* EXERCISE AIM: Every line from the one containing "fewer than 18" to the one containing "if buffer.len() < Answer::BYTES" in the records below, both included, must be set down exactly, and no other line.

[Collected data entries]
[Start of section]

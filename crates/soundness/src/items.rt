// The items of an expression: of the sorts that its lists have, and a child numbered below its parent.
ghost use Rattle.std.specs.Prelude.{◌≡◌, ◌<◌, ◌≤◌};
ghost use Rattle.layout.specs.Layout.{item_limit};
ghost use Rattle.soundness.specs.Sound.{tag_fits, numbers_fit, item_fits, all_from};

use crate::counted::CountedStore;
use layout::tables::{ITEM_ROW, ITEMS};
use module::ExprId;
use rows::ItemRow;
use texts::text_fits;

// Lambdas have pattern fields; a let and the two attribute sets have bindings, whose sources of
// inherits are children; lists and attribute paths have children, and interpolations parts. Sorts and tags stay
// numbers: one that is none is what the check is for.
#[tactic(auto, unfolding(crate::specs::Sound::tag_fits))]
fn tag_fits(sort: u32, tag: u32) -> bool
    ensures { result ≡ tag_fits sort tag }
{
    match sort {
        0..=10 => false,
        11..=14 => (2 <= tag) & (tag <= 5),
        15 => (tag == 0) | ((6 <= tag) & (tag <= 9)),
        16 => tag == 0,
        17 => false,
        18..=19 => (tag == 0) | ((6 <= tag) & (tag <= 9)),
        20..=21 => false,
        22..=24 => tag == 0,
        25..=26 => false,
        _ => tag <= 1,
    }
}

impl CountedStore<'_> {
    #[tactic(auto, unfolding(crate::specs::Sound::numbers_fit, crate::specs::Sound::name_fits))]
    fn numbers_fit(&self, e: ExprId, item: ItemRow) -> bool
        ensures { result ≡ numbers_fit self.now.store.now e.0 item.tag item.a item.b }
    {
        let ItemRow { tag, a, b } = item;
        match tag {
            0 => a < e.0,
            1 => text_fits(self.store, self.counts.texts, a),
            2 => true,
            3 => a < self.counts.names,
            4 => b < e.0,
            5..=8 => (a < self.counts.names) & (b < e.0),
            _ => (a < e.0) & (b < e.0),
        }
    }

    #[tactic(auto, unfolding(crate::specs::Sound::item_fits))]
    fn item_fits(&self, e: ExprId, sort: u32, j: u32) -> bool
        requires { j < item_limit }
        ensures { result ≡ item_fits self.now.store.now e.0 sort j }
    {
        let item = ItemRow::at(self.store, ITEMS + ITEM_ROW * (j as usize));
        tag_fits(sort, item.tag) && self.numbers_fit(e, item)
    }

    // The items from `from` on, before `to`.
    pub fn items_fit(&self, e: ExprId, sort: u32, from: u32, to: u32) -> bool
        requires { to ≤ item_limit }
        ensures { result ≡ all_from (item_fits self.now.store.now e.0 sort) from to }
    {
        (from..to).all(|j| self.item_fits(e, sort, j))
    }
}
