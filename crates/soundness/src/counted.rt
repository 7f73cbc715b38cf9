// A store whose counts are within their limits, so that every row that they count lies in it.
ghost use Rattle.soundness.specs.SoundCounts.{Counted};

use crate::counts::{Counts, counts_fit, counts_of};
use layout::tables::ENTRY_PLACE;
use words::get32;

#[derive(Clone, Copy)]
pub struct CountedStore<'a> {
    pub store: &'a [u8],
    pub counts: Counts,
    ghost counted: { Counted store.now counts },
}

impl<'a> CountedStore<'a> {
    ghost use Rattle.std.specs.Prelude.{◌≡◌, true, false, MatchOption};
    ghost use Rattle.layout.specs.Layout.{Long};
    ghost use Rattle.soundness.specs.Sound.{counts_fit, entry_fits};

    // None where a count is over its limit.
    pub fn new(store: &'a [u8]) -> Option<Self>
        requires { Long store.now }
        ensures { MatchOption result (counts_fit store.now ≡ false) (λ c. (counts_fit store.now ≡ true) × (c.store.now ≡ store.now)) }
    {
        let counts = counts_of(store);
        if !counts_fit(store, counts) {
            return None;
        }
        Some(CountedStore { store, counts })
    }

    // With no expression there is no entry.
    #[tactic(auto, unfolding(crate::specs::Sound::entry_fits, crate::specs::Sound::expr_fits))]
    pub fn entry_fits(&self) -> bool
        ensures { result ≡ entry_fits self.now.store.now }
    {
        (self.counts.exprs == 0) | (get32(self.store, ENTRY_PLACE) < self.counts.exprs)
    }
}
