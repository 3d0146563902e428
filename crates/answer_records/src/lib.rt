// Answer records (01, "Records (ours)"): an outcome in 18 bytes or a refusal in 4, written to lent bytes and read from them.
#![tactic(auto)]

ghost use Rattle.std.specs.Prelude.{◌≡◌, ◌-◌, ◌<◌, length};
ghost use Rattle.admission.specs.Refusals.{number_of};
ghost use Rattle.admission.specs.Faults.{fault_of};
ghost use Rattle.answer_records.specs.Answers.{refusal_length, refused_code, answer_bytes, refusal_bytes, laid, written_of};
ghost use Rattle.answer_records.specs.Replies.{is_length, length_of_code, answer_fault, outcome_in, said_of, answer_in};

use admission::{Judged, Refusal};

// An outcome as its record has it: the point by its bits, FFFF where no line failed.
#[derive(Clone, Copy, Debug, PartialEq, Eq)]
pub struct Answer {
    pub code: u8,
    pub x: u32,
    pub y: u32,
    pub failed: u16,
    pub probes: u32,
}

impl Answer {
    // The bytes of an outcome's record, and of a refusal's.
    pub const BYTES: usize = 18;

    pub const REFUSAL_BYTES: usize = 4;

    // What the length field of each says: the bytes behind it.
    pub const LENGTH: u16 = 16;

    pub const REFUSAL_LENGTH: u16 = 2;

    pub const VERSION: u8 = 1;

    pub const NO_LINE: u16 = 0xffff;

    // A refusal's code is this and its number.
    pub const REFUSED: u8 = 128;
}

// What a record says: an outcome, or a scene's refusal.
#[derive(Clone, Copy, Debug, PartialEq, Eq)]
pub enum Reply {
    Outcome(Answer),
    Refusal(Refusal),
}

// Writes an outcome's record to the buffer's start; bytes behind it keep their contents. A buffer of fewer than 18
// bytes is refused (10) and keeps its contents.
pub fn write_answer(buffer: &mut [u8], answer: Answer) -> Judged
    ensures { written_of result buffer.new ≡ laid (answer_bytes answer) buffer.old }
{
    if buffer.len() < Answer::BYTES {
        return Err(Refusal::NoRoom);
    }
    words::put_pair(buffer, 0, Answer::LENGTH);
    buffer[2] = Answer::VERSION;
    buffer[3] = answer.code;
    words::put_word(buffer, 4, answer.x);
    words::put_word(buffer, 8, answer.y);
    words::put_pair(buffer, 12, answer.failed);
    words::put_word(buffer, 14, answer.probes);
    Ok(())
}

// Writes the record of a refused scene to the buffer's start; bytes behind it keep their contents. A buffer of fewer
// than 4 bytes is refused (10) and keeps its contents. The code is 128 + number modulo 256, and the reader takes it for
// the numbers 1 to 10 and 14 alone.
pub fn write_refusal(buffer: &mut [u8], number: u8) -> Judged
    ensures { written_of result buffer.new ≡ laid (refusal_bytes number) buffer.old }
{
    if buffer.len() < Answer::REFUSAL_BYTES {
        return Err(Refusal::NoRoom);
    }
    words::put_pair(buffer, 0, Answer::REFUSAL_LENGTH);
    buffer[2] = Answer::VERSION;
    buffer[3] = std::num::wrapping_add_u8(Answer::REFUSED, number);
    Ok(())
}

// What one whole record says. Fewer than two bytes, a length that is neither 16 nor 2, or bytes that do not match it,
// are refused with 2; another version with 1; a code not of its length with 2. Point, failed line and probes are taken
// as they stand.
pub fn read_answer(bytes: &[u8]) -> Result<Reply, Refusal>
    ensures { said_of result ≡ answer_in bytes.now }
{
    judge_answer(bytes)?;
    if words::pair_at(bytes, 0) == Answer::LENGTH {
        return Ok(Reply::Outcome(outcome_in(bytes)));
    }
    Ok(Reply::Refusal(refusal_with(bytes[3])))
}

// The first fault of a record.
fn judge_answer(bytes: &[u8]) -> Judged
    ensures { fault_of result ≡ answer_fault bytes.now }
{
    if bytes.len() < 2 {
        return Err(Refusal::MissingOrLeftOver);
    }
    let length = words::pair_at(bytes, 0);
    if !is_length(length) {
        return Err(Refusal::MissingOrLeftOver);
    }
    if bytes.len() != 2 + length as usize {
        return Err(Refusal::MissingOrLeftOver);
    }
    let version = Refusal::OtherVersion.unless(bytes[2] == Answer::VERSION);
    let code = Refusal::MissingOrLeftOver.unless(length_of_code(bytes[3]) == length);
    version.and(code)
}

// The lengths that a record may name: an outcome's and a refusal's.
fn is_length(length: u16) -> bool
    ensures { result ≡ is_length length }
{
    length == Answer::LENGTH || length == Answer::REFUSAL_LENGTH
}

// The length that goes with a code: the one place that knows the codes. No record names 0, so every other code is refused.
fn length_of_code(code: u8) -> u16
    ensures { result ≡ length_of_code code }
{
    match code {
        1..=5 => Answer::LENGTH,
        129..=138 | 142 => Answer::REFUSAL_LENGTH,
        _ => 0,
    }
}

// The outcome in a record of 18 bytes.
fn outcome_in(bytes: &[u8]) -> Answer
    requires { 3 < length bytes.now }
    ensures { result ≡ outcome_in bytes.now }
{
    Answer {
        code: bytes[3],
        x: words::word_at(bytes, 4),
        y: words::word_at(bytes, 8),
        failed: words::pair_at(bytes, 12),
        probes: words::word_at(bytes, 14),
    }
}

// The refusal with a code.
fn refusal_with(code: u8) -> Refusal
    requires { length_of_code code ≡ refusal_length }
    ensures { number_of result ≡ code - refused_code }
{
    match code - Answer::REFUSED {
        1 => Refusal::OtherVersion,
        2 => Refusal::MissingOrLeftOver,
        3 => Refusal::UnknownKind,
        4 => Refusal::TooMany,
        5 => Refusal::NoVertices,
        6 => Refusal::OutOfRange,
        7 => Refusal::OutOfBand,
        8 => Refusal::EndsCrossed,
        9 => Refusal::NotAdmitted,
        10 => Refusal::NoRoom,
        _ => Refusal::DoubledVertex,
    }
}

[End of section]

* FINAL ANSWER:
// Writes an outcome's record to the buffer's start; bytes behind it keep their contents. A buffer of fewer than 18
// bytes is refused (10) and keeps its contents.
pub fn write_answer(buffer: &mut [u8], answer: Answer) -> Judged
    ensures { written_of result buffer.new ≡ laid (answer_bytes answer) buffer.old }
{
    if buffer.len() < Answer::BYTES {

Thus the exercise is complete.